A peculiar trace of the artist’s presence was a scratch, made with a diamond on the window pane on the ground floor of Warsaw’s Królikarnia palace during a performative tour of the building, an element of a 2017 performance titled The Whisper of Those Things Isn’t Real. This sound project problematised the palace and its surroundings in the context of the seclusion of the exterior and interior space and the connection between them.

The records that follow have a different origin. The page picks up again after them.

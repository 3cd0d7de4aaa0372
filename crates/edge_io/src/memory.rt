//! Ends in memory, for tests: they move bytes in pieces, and fail at the calls that they are told to.
ghost use Rattle.std.specs.Prelude.{◌≡◌, ◌≤◌, ◌<◌, ◌^◌, [], ◌++◌, length, take, drop, min, true, Some, IfOk, OnOk, OnErr, is_err};
ghost use Rattle.std.specs.Io.{ReadsAtMost, WritesAtMost};
ghost use Rattle.std.specs.Io.KnownBytes.{ReadConsumes, WriteAppends};
ghost use Rattle.edge_io.specs.Causes.{HasCause};
ghost use Rattle.edge_io.specs.Memory.{count_after, is_failing, moved_count};

use crate::ends::{Failed, Sink, Source};
use std::alloc::Global;
use std::marker::Model;

/// A source that gives some bytes, at most `piece` of them a call. It fails at the calls whose
/// numbers are in `failing`, counted from 1.
#[derive(Drop)]
pub struct MemSource {
    bytes: Vec<u8>,
    at: usize,
    piece: u64,
    failing: Vec<u64>,
    calls: u64,
    faults: u64,
}

impl Model for MemSource {
    ghost use Rattle.std.specs.Prelude.{◌≤◌, ◌<◌, drop, vec_len};
    ghost use Rattle.edge_io.specs.Memory.{SourceState};

    ghost Value = { SourceState };

    ghost view = { λ s. record {
      left = drop s.at s.bytes.items;
      piece = s.piece;
      failing = s.failing.items;
      calls = s.calls;
      faults = s.faults;
    } };

    ghost invariant = { λ s. (s.at ≤ vec_len s.bytes) × (0 < s.piece) };
}

impl MemSource {
    /// A source of `bytes` with no call so far.
    pub fn new(bytes: Vec<u8>, piece: u64, failing: Vec<u64>) -> MemSource
        requires { 1 ≤ piece }
        ensures { result ≡ record {
          left = bytes.items;
          piece = piece;
          failing = failing.items;
          calls = 0;
          faults = 0;
        } }
    {
        MemSource {
            bytes,
            at: 0,
            piece,
            failing,
            calls: 0,
            faults: 0,
        }
    }
}

impl Source for MemSource {
    ghost left = { λ s. Some s.left };

    ghost faults = { λ s. s.faults };

    fn read(&mut self, buf: &mut [u8]) -> Result<usize, Failed>
        ensures fails { is_err result ≡ is_failing self.old.failing (count_after self.old.calls) }
        ensures count { IfOk result
            (λ n. n ≡ moved_count self.old.piece (length buf.old) (length self.old.left)) }
        ensures front { IfOk result (λ n. buf.new ≡ take n self.old.left ++ drop n buf.old) }
        ensures ok { IfOk result (λ n. self.new ≡ record self.old {
          left = drop n self.old.left;
          calls = count_after self.old.calls;
        }) }
        ensures err { OnErr result (self.new ≡ record self.old {
          calls = count_after self.old.calls;
          faults = count_after self.old.faults;
        }) }

        // What each source says.
        ensures bytes { ReadConsumes (Some self.old.left) (Some self.new.left) result buf.new }
        ensures kept { self.old.faults ≤ self.new.faults }
        ensures few { self.new.faults < 2 ^ 64 }
    {
        self.calls = self.calls.saturating_add(1);
        if self.failing.contains(&self.calls) {
            self.faults = self.faults.saturating_add(1);
            return Err(Failed);
        }
        let left = self.bytes.len() - self.at;
        let count = (self.piece as usize).min(buf.len().min(left));
        buf[..count].copy_from_slice(&self.bytes[self.at..self.at + count]);
        self.at += count;
        Ok(count)
    }
}

/// A sink that keeps what it takes, at most `piece` bytes a call. It fails at the calls whose numbers
/// are in `failing`, counted from 1, writes and flushes together, and where its list can't grow.
#[derive(Drop)]
pub struct MemSink {
    bytes: Vec<u8>,
    flushed: usize,
    piece: u64,
    failing: Vec<u64>,
    calls: u64,
    faults: u64,
}

impl Model for MemSink {
    ghost use Rattle.std.specs.Prelude.{◌≤◌, ◌<◌, vec_len};
    ghost use Rattle.edge_io.specs.Memory.{SinkState};

    ghost Value = { SinkState };

    ghost view = { λ s. record {
      written = s.bytes.items;
      flushed = s.flushed;
      piece = s.piece;
      failing = s.failing.items;
      calls = s.calls;
      faults = s.faults;
    } };

    ghost invariant = { λ s. (s.flushed ≤ vec_len s.bytes) × (0 < s.piece) };
}

impl MemSink {
    /// An empty sink with no call so far.
    pub fn new(alloc: Global, piece: u64, failing: Vec<u64>) -> MemSink
        requires { 1 ≤ piece }
        ensures { result ≡ record {
          written = [];
          flushed = 0;
          piece = piece;
          failing = failing.items;
          calls = 0;
          faults = 0;
        } }
    {
        MemSink {
            bytes: Vec::new(alloc),
            flushed: 0,
            piece,
            failing,
            calls: 0,
            faults: 0,
        }
    }

    /// The bytes that were written.
    pub fn into_bytes(self) -> Vec<u8>
        ensures { result.items ≡ self.written }
    {
        self.bytes
    }
}

impl Sink for MemSink {
    ghost written = { λ s. Some s.written };

    ghost flushed = { λ s. Some (take s.flushed s.written) };

    ghost faults = { λ s. s.faults };

    /// It fails too where memory runs out, as at a call that is to fail.
    fn write(&mut self, bytes: &[u8]) -> Result<usize, Failed>
        ensures fails { is_failing self.old.failing (count_after self.old.calls) ≡ true
            → is_err result ≡ true }
        ensures count { IfOk result (λ n. n ≡ min self.old.piece (length bytes.now)) }
        ensures ok { IfOk result (λ n. self.new ≡ record self.old {
          written = self.old.written ++ take n bytes.now;
          calls = count_after self.old.calls;
        }) }
        ensures err { OnErr result (self.new ≡ record self.old {
          calls = count_after self.old.calls;
          faults = count_after self.old.faults;
        }) }

        // What each sink says.
        ensures some { IfOk result (λ n. 0 < length bytes.now → 0 < n) }
        ensures flushed { Some (take self.new.flushed self.new.written)
            ≡ Some (take self.old.flushed self.old.written) }
        ensures kept { self.old.faults ≤ self.new.faults }
        ensures few { self.new.faults < 2 ^ 64 }
    {
        self.calls = self.calls.saturating_add(1);
        if self.failing.contains(&self.calls) {
            self.faults = self.faults.saturating_add(1);
            return Err(Failed);
        }
        let count = (self.piece as usize).min(bytes.len());
        if self.bytes.extend_from_slice(&bytes[..count]).is_err() {
            self.faults = self.faults.saturating_add(1);
            return Err(Failed);
        }
        Ok(count)
    }

    fn flush(&mut self) -> Result<(), Failed>
        ensures fails { is_err result ≡ is_failing self.old.failing (count_after self.old.calls) }
        ensures ok { OnOk result (self.new ≡ record self.old {
          flushed = length self.old.written;
          calls = count_after self.old.calls;
        }) }
        ensures err { OnErr result (self.new ≡ record self.old {
          calls = count_after self.old.calls;
          faults = count_after self.old.faults;
        }) }

        // What each sink says.
        ensures kept { self.old.faults ≤ self.new.faults }
        ensures few { self.new.faults < 2 ^ 64 }
    {
        self.calls = self.calls.saturating_add(1);
        if self.failing.contains(&self.calls) {
            self.faults = self.faults.saturating_add(1);
            return Err(Failed);
        }
        self.flushed = self.bytes.len();
        Ok(())
    }
}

Krakowiak-Bałka isn’t interested merely in a scientific analysis of the relation between the materiality of buildings and acoustic waves. Her work opens itself up to the sphere of feeling by utilising metaphors. The titular 'fall’ of the air at the Zachęta exhibition was meant to mirror the human condition. The project undertaken in the building of the New York post office sprung from the question of why we feel safe in certain spaces, and its goal was to attune us to the role of sound in the formation of memories. Recapturing the sounds of the space’s previous function, the composition prompted nostalgic reflection on receding into the past. The installation in Szczecin was dedicated to the sun, failure, struggle, and beauty, personified by the figure of Icarus through whom the author surveyed the human tendency to soar towards 'blinding purposes – the eerie dynamics of perpetual return: falling and rising anew’.
In her work, Krakowiak-Bałka translates sound into other forms of transcription and examines the way it intertwines with silence. She attempted to capture the physical dimension of silence in her performance titled Shorthand (2013, P.!, New York) and had the recorded material written down as a stenographic record using the alphabet. Thanks to that, 'silence (absence) and sound (presence) acquired a different dimension in the multi-stage process of translating space into a record’.
The theme of translating sound was also present in her sound sculpture Out of Tune (Polish Institute in Berlin, 2015). Here, a stenographic record covered a composition comprising two competing melodic lines: a recording of birdsong and the artist’s voice. She could thereby demonstrate how man-made sounds drown out other organisms, thereby causing the latter to be out of tune, their message unintelligible. The artists also diagnosed such discord in architecture, which is also composed of sounds, referring to Rem Koolhaas’ concept of junkspace, which is used to describe chaotically and hastily modernized spaces. Krakowiak-Bałka’s project forms an insightful critique of architecture, specifically of architecture’s tendency to increasingly drown out the world while losing the ability to communicate with it. What constitutes the horizon of her reflections on silence is civilizational sound pollution, affecting non-human animals, whose perspective serves as a significant point of reference for the artist.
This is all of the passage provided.